You will follow compulsory and elective methods courses within the chosen methods track. An internship allows students to become actively involved in ongoing research projects. The Master's thesis is based on individual research by the student and will be published in the form of a monograph or manuscript for an academic article.


What is a Research Master's programme?

Research Master's programmes are two-year programmes specifically designed for excellent students aiming for a career in research. These programmes include additional research methodology, skills training, as well as hands-on experience in the research groups of the Amsterdam Institute for Social Science Research.

The programmes prepare students for writing a PhD thesis and an academic career, as well as for a research oriented career outside academia. 

In this video, the features of a Research Master's programme are explained by a current student, an alumni and an academic staff member: 


Student profile

A defining feature of this Research Master’s programme is that it attracts a highly international group of students all motivated to pursue a career in social scientific research.

After finishing this Research Master, you will be able to tackle modern social challenges and problems through innovative social science research. You will gain the ability to formulate socially and scientifically relevant research problems within the key areas of social sciences. The programme develops your capacity to construct a research design to solve these problems through the use of advanced quantitative and/or qualitative techniques. You will be able to report on their research process and conclusions clearly and concisely. 

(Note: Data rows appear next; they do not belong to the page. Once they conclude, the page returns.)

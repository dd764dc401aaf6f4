//! Texts of examples come back, in their own table.

use super::texts::back_of;

/// A text, what is shown of it, how many clusters of one column beyond ASCII and of two it has, and how many bytes stand for it: one for
/// each column, and for the places between where lines may be cut.
struct Case {
    text: &'static str,
    shown: &'static str,
    narrow: usize,
    wide: usize,
    bytes: usize,
}

/// Headings and words of manual pages, composed and decomposed.
fn rows() -> &'static [Case] {
    &[
        Case {
            text: "PŘEKLAD, PŘÍKLADY",
            shown: "PŘEKLAD, PŘÍKLADY",
            narrow: 2,
            wide: 0,
            bytes: 17,
        },
        Case {
            text: "PR\u{30c}EKLAD",
            shown: "PŘEKLAD",
            narrow: 1,
            wide: 0,
            bytes: 7,
        },
        Case {
            text: "名前 ls - 一覧",
            shown: "名\\(zb前 ls - 一\\(zb覧",
            narrow: 0,
            wide: 4,
            bytes: 22,
        },
        Case {
            text: "か\u{3099}が",
            shown: "が\\(zbが",
            narrow: 0,
            wide: 1,
            bytes: 8,
        },
        Case {
            text: "日本\n語、ls(1)は",
            shown: "日\\(zb本\\(zj\n語、\\(zbls(1)\\(zbは",
            narrow: 0,
            wide: 5,
            bytes: 32,
        },
        Case {
            text: "「日」っ\n\n日\n",
            shown: "「日」っ\n\n日\n",
            narrow: 0,
            wide: 4,
            bytes: 13,
        },
        Case {
            text: ".B 日本\n日\\fB本\\(bu日\\fR\n\\fB日",
            shown: ".B 日\\(zb本\n日\\fB\\(zb本\\(bu日\\fR\\(zj\n\\fB日",
            narrow: 0,
            wide: 2,
            bytes: 42,
        },
        Case {
            text: "日\n\\fBa日\n\\-日\n\\fB",
            shown: "日\n\\fBa\\(zb日\n\\-日\n\\fB",
            narrow: 0,
            wide: 1,
            bytes: 22,
        },
        Case {
            text: ".TS\nl.\n日本\n日 T{\n日\n本\nT}\n日\n.TE\n日\n本",
            shown: ".TS\nl.\n日\\(zb本\n日 T{\n日\\(zj\n本\nT}\n日\n.TE\n日\\(zj\n本",
            narrow: 0,
            wide: 2,
            bytes: 51,
        },
        Case {
            text: "이름 설명\n이",
            shown: "이름 설명\n이",
            narrow: 0,
            wide: 4,
            bytes: 12,
        },
        Case {
            text: "TÊN tệp",
            shown: "TÊN tệp",
            narrow: 2,
            wide: 0,
            bytes: 7,
        },
        Case {
            text: "te\u{323}\u{302}p tệp",
            shown: "tệp tệp",
            narrow: 1,
            wide: 0,
            bytes: 7,
        },
        Case {
            text: "x\u{301}\u{323}",
            shown: "x\u{301}\u{323}",
            narrow: 1,
            wide: 0,
            bytes: 1,
        },
        Case {
            text: "1\u{327} \\s1\u{327}",
            shown: "1\u{327} \\s1",
            narrow: 1,
            wide: 0,
            bytes: 5,
        },
        Case {
            text: "\\fBe\u{301}",
            shown: "\\fBe",
            narrow: 0,
            wide: 0,
            bytes: 4,
        },
        Case {
            text: "a\u{200b}b",
            shown: "ab",
            narrow: 0,
            wide: 0,
            bytes: 2,
        },
    ]
}

#[test]
fn examples(rt: HostRuntime) {
    for row in rows() {
        let Ok(outcome) = back_of(rt.alloc(), row.text) else {
            assert!(rt; false);
            return;
        };
        assert_eq!(rt; outcome.narrow, row.narrow);
        assert_eq!(rt; outcome.wide, row.wide);
        assert_eq!(rt; outcome.reported, 0);
        assert_eq!(rt; outcome.bytes, row.bytes);
        assert_eq!(rt; outcome.shown.as_slice(), row.shown.as_bytes());
    }
}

Why study Social Sciences in Amsterdam?

The Graduate School of Social Sciences (GSSS) of Amsterdam provides a vibrant and international academic community. The GSSS values diversity in both research and academic content, academic staff and the student population. The Research Master’s in Social Sciences:

  • Offers the opportunity to contribute to ongoing research projects

  • Is an interdisciplinary programme, leading to a culturally and academically diverse climate

  • Provides students with excellent research skills, making them eligible for a PhD candidacy


Focus on research

The RMSS is strongly affiliated to research groups of the  Amsterdam Institute of Social Science Research (AISSR), which is one of the most prestigious institutes of its kind.. The teachers incorporate their ongoing research as part of the courses. Their extremely broad range of interests and their elaborate research experience provide students with a complex and thorough picture of social and political processes.


Degree certificate 

Upon successful completion of the Research Master's programme in Social Sciences students receive a Master of Science (MSc) degree in Social Sciences (Research).